DIRECTIONS FOR THIS TASK
In the records below, find each line containing the word "FetchesFiles" and copy it.

Dataset items
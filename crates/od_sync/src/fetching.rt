ghost use Rattle.std.specs.Prelude.{◌≡◌, ◌<◌, ◌≤◌, true, [], map, length, IfOk, IfErr, OnErr, OnOk};
ghost use Rattle.std.specs.List.{All, AllZip};
ghost use Rattle.gd_item.specs.Steps.{accepted_by};
ghost use Rattle.od_keeper.specs.Images.{by_path, put_all};
ghost use Rattle.od_keeper.specs.Keeping.{HasKeeperCause, Stay};
ghost use Rattle.od_keeper.specs.Sound.{IsSound};
ghost use Rattle.od_keeper.specs.Undisturbed as keeper_alone;
ghost use Rattle.od_transfer.specs.Asking.{Grows};
ghost use Rattle.od_transfer.specs.Fits.{IsTransfer};
ghost use Rattle.od_transfer.specs.Undisturbed as remote_alone;
ghost use Rattle.od_tree.specs.Undisturbed as tree_alone;
ghost use Rattle.od_sync.specs.Batches.{BringsFiles, CommitsRows, Fetches, FetchesFiles, Stops, change_of_rows};
ghost use Rattle.od_sync.specs.Doing.{AreAcceptedFetches, AreRowsOf, GivesRows, IsFetchFit, IsFetchOf, IsFolderOf, Makes, NoFolder, PutsRows, job_of, most_bytes};
ghost use Rattle.od_sync.specs.Ends.{HasStopCause, counts};
ghost use Rattle.od_sync.specs.Scans.{HasFolderCause};
ghost use Rattle.od_sync.specs.Serving.{KeepsToken, Leaves};
ghost use Rattle.od_sync.specs.Syncing.{Does, Goes, IsDoStop};

use crate::committing::commit;
use crate::doing::{batch_length, make_folders, place_files, tried_fetches};
use crate::ends::SyncStop;
use crate::planning::{Fetching, Plan};
use crate::scanning::FolderFault;
use gd_names::{List, NoMemory};
use od_keeper::{BaseRow, Change, Image, Keeper, KeeperFault};
use od_transfer::{Carrier, Job, Outcome};
use od_tree::Tree;
use std::alloc::Global;

/// The jobs of a batch.
fn jobs_of(alloc: Global, batch: &[Fetching]) -> Result<List<Job>, NoMemory>
    ensures { IfOk result (λ jobs. jobs ≡ map job_of batch.now) }
{
    let mut jobs = List::new(alloc);
    for fetch in batch {
        jobs.push(Job::Fetch {
            id: fetch.id,
            digest: fetch.digest,
            size: fetch.size,
        })?;
    }
    Ok(jobs)
}

/// Fetches the files of a batch.
fn carry_batch<R: Carrier>(
    alloc: Global,
    remote: &mut R,
    batch: &[Fetching],
) -> Result<List<Outcome>, NoMemory>
    requires { All (λ fetch. 0 < fetch.id.0) batch.now }
    ensures same { IfOk result (λ outcomes. length batch.now ≡ length outcomes) }
    ensures fits { IfOk result (λ outcomes. AllZip IsFetchFit batch.now outcomes) }
    ensures log { Grows IsTransfer (R.log remote.old) (R.log remote.new) }
    ensures brings { IfOk result (λ outcomes. BringsFiles batch.now outcomes (R.faults remote.old) (R.faults remote.new) (R.log remote.old) (R.log remote.new)) }
    ensures faults_later { R.faults remote.old ≤ R.faults remote.new }
    ensures answers_later { R.answers remote.old ≤ R.answers remote.new }
    ensures remote_alone { remote_alone.Undisturbed (R.undisturbed remote.old) (R.undisturbed remote.new) (R.log remote.old) (R.log remote.new) }
    ensures no_faults { R.undisturbed remote.old ≡ true → R.faults remote.new ≡ R.faults remote.old }
{
    let jobs = jobs_of(alloc, batch)?;
    match remote.carry(alloc, &jobs) {
        Ok(outcomes) => Ok(outcomes),
        Err(fault) => Err(fault),
    }
}

/// Fetches the files of a batch and places them, and gives the rows of those that could be placed.
fn fetch_files<R: Carrier, T: Tree>(
    alloc: Global,
    remote: &mut R,
    tree: &mut T,
    batch: &[Fetching],
) -> Result<List<BaseRow>, FolderFault>
    requires below { All (λ fetch. 0 < length fetch.path) batch.now }
    requires written { All (λ fetch. 0 < fetch.id.0) batch.now }
    ensures requests { Grows IsTransfer (R.log remote.old) (R.log remote.new) }
    ensures steps { Makes NoFolder (IsFetchOf batch.now) (T.log tree.old) (T.log tree.new) }
    ensures fetches { OnOk result (FetchesFiles batch.now (R.faults remote.old) (R.faults remote.new) (R.log remote.old) (R.log remote.new) (T.log tree.old) (T.log tree.new)) }
    ensures accepted { IfOk result (λ rows. AreRowsOf batch.now rows) }
    ensures rows { IfOk result (λ rows. GivesRows rows (T.log tree.old) (T.log tree.new)) }
    ensures faults_later { R.faults remote.old ≤ R.faults remote.new }
    ensures answers_later { R.answers remote.old ≤ R.answers remote.new }
    ensures cause { HasFolderCause (T.faults tree.old) (T.faults tree.new) result }
    ensures remote_alone { remote_alone.Undisturbed (R.undisturbed remote.old) (R.undisturbed remote.new) (R.log remote.old) (R.log remote.new) }
    ensures no_faults { R.undisturbed remote.old ≡ true → R.faults remote.new ≡ R.faults remote.old }
    ensures tree_alone { tree_alone.Undisturbed (T.undisturbed tree.old) (T.undisturbed tree.new) (T.faults tree.old) (T.faults tree.new) (T.log tree.old) (T.log tree.new) }
{
    let outcomes = carry_batch(alloc, remote, batch)?;
    match place_files(alloc, tree, batch, outcomes.as_slice()) {
        Ok(rows) => Ok(rows),
        Err(fault) => Err(fault),
    }
}

/// The change with rows alone.
fn change_of_rows(alloc: Global, rows: List<BaseRow>) -> Change
    ensures { result ≡ change_of_rows rows }
{
    Change {
        reset: false,
        rules: None,
        token: None,
        gone: List::new(alloc),
        put: List::new(alloc),
        dropped: List::new(alloc),
        rows,
    }
}

/// Commits rows, if there are any, and gives the image with them.
fn commit_rows<K: Keeper>(
    alloc: Global,
    keeper: &mut K,
    image: Image,
    rows: List<BaseRow>,
) -> Result<Image, KeeperFault>
    ensures commits { IfOk result (λ next. CommitsRows image rows next (K.images keeper.old) (K.images keeper.new)) }
    ensures rows { IfOk result (λ next. next ≡ record image { rows = put_all by_path rows image.rows }) }
    ensures tokens { KeepsToken image (K.images keeper.old) (K.images keeper.new) }
    ensures stays { OnErr result (Stay (K.images keeper.old) (K.images keeper.new)) }
    ensures cause { HasKeeperCause (K.faults keeper.old) (K.faults keeper.new) result }
    ensures alone { keeper_alone.Undisturbed (K.undisturbed keeper.old) (K.undisturbed keeper.new) (K.faults keeper.old) (K.faults keeper.new) }
{
    if rows.is_empty() {
        return Ok(image);
    }
    let change = change_of_rows(alloc, rows);
    match commit(alloc, keeper, &image, &change) {
        Ok(next) => Ok(next),
        Err(fault) => Err(fault),
    }
}

/// Fetches the files of a batch, places them, and commits the rows of those that could be placed. Gives the image then.
fn fetch_batch<R: Carrier, T: Tree, K: Keeper>(
    alloc: Global,
    remote: &mut R,
    tree: &mut T,
    keeper: &mut K,
    image: Image,
    batch: &[Fetching],
) -> Result<Image, SyncStop>
    requires below { All (λ fetch. 0 < length fetch.path) batch.now }
    requires written { All (λ fetch. 0 < fetch.id.0) batch.now }
    ensures fetches { IfOk result (λ next. Fetches image batch.now next (R.faults remote.old) (R.faults remote.new) (R.log remote.old) (R.log remote.new) (T.log tree.old) (T.log tree.new) (K.images keeper.old) (K.images keeper.new)) }
    ensures steps { Makes NoFolder (IsFetchOf batch.now) (T.log tree.old) (T.log tree.new) }
    ensures stops { OnErr result (Stops image [] (R.log remote.old) (R.log remote.new) (T.log tree.old) (T.log tree.new) (K.images keeper.old) (K.images keeper.new)) }
    ensures rows { IfOk result (λ next. PutsRows image next (T.log tree.old) (T.log tree.new)) }
    ensures only { IfErr result IsDoStop }
    ensures requests { Grows IsTransfer (R.log remote.old) (R.log remote.new) }
    ensures tokens { KeepsToken image (K.images keeper.old) (K.images keeper.new) }
    ensures last { IfOk result (λ next. Leaves image next (K.images keeper.old) (K.images keeper.new)) }
    ensures cause { HasStopCause
        (counts (R.faults remote.old) (R.answers remote.old) (R.in_row remote.old) (T.faults tree.old) (K.faults keeper.old))
        (counts (R.faults remote.new) (R.answers remote.new) (R.in_row remote.new) (T.faults tree.new) (K.faults keeper.new)) result }
    ensures remote_alone { remote_alone.Undisturbed (R.undisturbed remote.old) (R.undisturbed remote.new) (R.log remote.old) (R.log remote.new) }
    ensures no_faults { R.undisturbed remote.old ≡ true → R.faults remote.new ≡ R.faults remote.old }
    ensures tree_alone { tree_alone.Undisturbed (T.undisturbed tree.old) (T.undisturbed tree.new) (T.faults tree.old) (T.faults tree.new) (T.log tree.old) (T.log tree.new) }
    ensures keeper_alone { keeper_alone.Undisturbed (K.undisturbed keeper.old) (K.undisturbed keeper.new) (K.faults keeper.old) (K.faults keeper.new) }
{
    let rows = fetch_files(alloc, remote, tree, batch)?;
    let next = commit_rows(alloc, keeper, image, rows)?;
    Ok(next)
}

/// Fetches and places files batch by batch. Gives the image that was committed last.
fn fetch_all<R: Carrier, T: Tree, K: Keeper>(
    alloc: Global,
    remote: &mut R,
    tree: &mut T,
    keeper: &mut K,
    image: Image,
    fetches: &[Fetching],
) -> Result<Image, SyncStop>
    requires below { All (λ fetch. 0 < length fetch.path) fetches.now }
    requires light { All (λ fetch. fetch.size ≤ most_bytes) fetches.now }
    requires written { All (λ fetch. 0 < fetch.id.0) fetches.now }
    ensures fetches { IfOk result (λ next. Fetches image fetches.now next (R.faults remote.old) (R.faults remote.new) (R.log remote.old) (R.log remote.new) (T.log tree.old) (T.log tree.new) (K.images keeper.old) (K.images keeper.new)) }
    ensures steps { Makes NoFolder (IsFetchOf fetches.now) (T.log tree.old) (T.log tree.new) }
    ensures stops { Stops image fetches.now (R.log remote.old) (R.log remote.new) (T.log tree.old) (T.log tree.new) (K.images keeper.old) (K.images keeper.new) }
    ensures rows { IfOk result (λ next. PutsRows image next (T.log tree.old) (T.log tree.new)) }
    ensures only { IfErr result IsDoStop }
    ensures requests { Grows IsTransfer (R.log remote.old) (R.log remote.new) }
    ensures tokens { KeepsToken image (K.images keeper.old) (K.images keeper.new) }
    ensures last { IfOk result (λ next. Leaves image next (K.images keeper.old) (K.images keeper.new)) }
    ensures cause { HasStopCause
        (counts (R.faults remote.old) (R.answers remote.old) (R.in_row remote.old) (T.faults tree.old) (K.faults keeper.old))
        (counts (R.faults remote.new) (R.answers remote.new) (R.in_row remote.new) (T.faults tree.new) (K.faults keeper.new)) result }
    ensures remote_alone { remote_alone.Undisturbed (R.undisturbed remote.old) (R.undisturbed remote.new) (R.log remote.old) (R.log remote.new) }
    ensures no_faults { R.undisturbed remote.old ≡ true → R.faults remote.new ≡ R.faults remote.old }
    ensures tree_alone { tree_alone.Undisturbed (T.undisturbed tree.old) (T.undisturbed tree.new) (T.faults tree.old) (T.faults tree.new) (T.log tree.old) (T.log tree.new) }
    ensures keeper_alone { keeper_alone.Undisturbed (K.undisturbed keeper.old) (K.undisturbed keeper.new) (K.faults keeper.old) (K.faults keeper.new) }
{
    let mut last = image;
    let mut left = fetches;
    while !left.is_empty() {
        let (batch, rest) = left.split_at(batch_length(left));
        last = fetch_batch(alloc, remote, tree, keeper, last, batch)?;
        left = rest;
    }
    Ok(last)
}

/// Does a plan: makes its folders, then fetches its files batch by batch and places them; the rows of a batch are committed
/// after it. Gives the image that was committed last.
pub fn do_plan<R: Carrier, T: Tree, K: Keeper>(
    alloc: Global,
    remote: &mut R,
    tree: &mut T,
    keeper: &mut K,
    image: Image,
    plan: Plan,
) -> Result<Image, SyncStop>
    requires folders { All (λ folder. 0 < length folder) plan.folders }
    requires fetches { All (λ fetch. 0 < length fetch.path) plan.fetches }
    ensures goes { Goes (λ drive. IsSound image drive × AreAcceptedFetches (accepted_by drive) plan.fetches) image (R.log remote.old) (R.log remote.new) (T.log tree.old) (T.log tree.new) (K.images keeper.old) (K.images keeper.new) }
    ensures does { IfOk result (λ next. Does image plan next (R.faults remote.old) (R.faults remote.new) (R.log remote.old) (R.log remote.new) (T.log tree.old) (T.log tree.new) (K.images keeper.old) (K.images keeper.new)) }
    ensures steps { Makes (IsFolderOf plan.folders) (IsFetchOf plan.fetches) (T.log tree.old) (T.log tree.new) }
    ensures rows { IfOk result (λ next. PutsRows image next (T.log tree.old) (T.log tree.new)) }
    ensures stops { IfErr result IsDoStop }
    ensures requests { Grows IsTransfer (R.log remote.old) (R.log remote.new) }
    ensures tokens { KeepsToken image (K.images keeper.old) (K.images keeper.new) }
    ensures last { IfOk result (λ next. Leaves image next (K.images keeper.old) (K.images keeper.new)) }
    ensures cause { HasStopCause
        (counts (R.faults remote.old) (R.answers remote.old) (R.in_row remote.old) (T.faults tree.old) (K.faults keeper.old))
        (counts (R.faults remote.new) (R.answers remote.new) (R.in_row remote.new) (T.faults tree.new) (K.faults keeper.new)) result }
    ensures remote_alone { remote_alone.Undisturbed (R.undisturbed remote.old) (R.undisturbed remote.new) (R.log remote.old) (R.log remote.new) }
    ensures no_faults { R.undisturbed remote.old ≡ true → R.faults remote.new ≡ R.faults remote.old }
    ensures tree_alone { tree_alone.Undisturbed (T.undisturbed tree.old) (T.undisturbed tree.new) (T.faults tree.old) (T.faults tree.new) (T.log tree.old) (T.log tree.new) }
    ensures keeper_alone { keeper_alone.Undisturbed (K.undisturbed keeper.old) (K.undisturbed keeper.new) (K.faults keeper.old) (K.faults keeper.new) }
{
    let Plan { folders, fetches } = plan;
    let barred = make_folders(alloc, tree, folders.as_slice())?;
    let tried = tried_fetches(fetches, barred.as_slice());
    match fetch_all(alloc, remote, tree, keeper, image, tried.as_slice()) {
        Ok(next) => Ok(next),
        Err(stop) => Err(stop),
    }
}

TASK ANSWER
ghost use Rattle.od_sync.specs.Batches.{BringsFiles, CommitsRows, Fetches, FetchesFiles, Stops, change_of_rows};
    ensures fetches { OnOk result (FetchesFiles batch.now (R.faults remote.old) (R.faults remote.new) (R.log remote.old) (R.log remote.new) (T.log tree.old) (T.log tree.new)) }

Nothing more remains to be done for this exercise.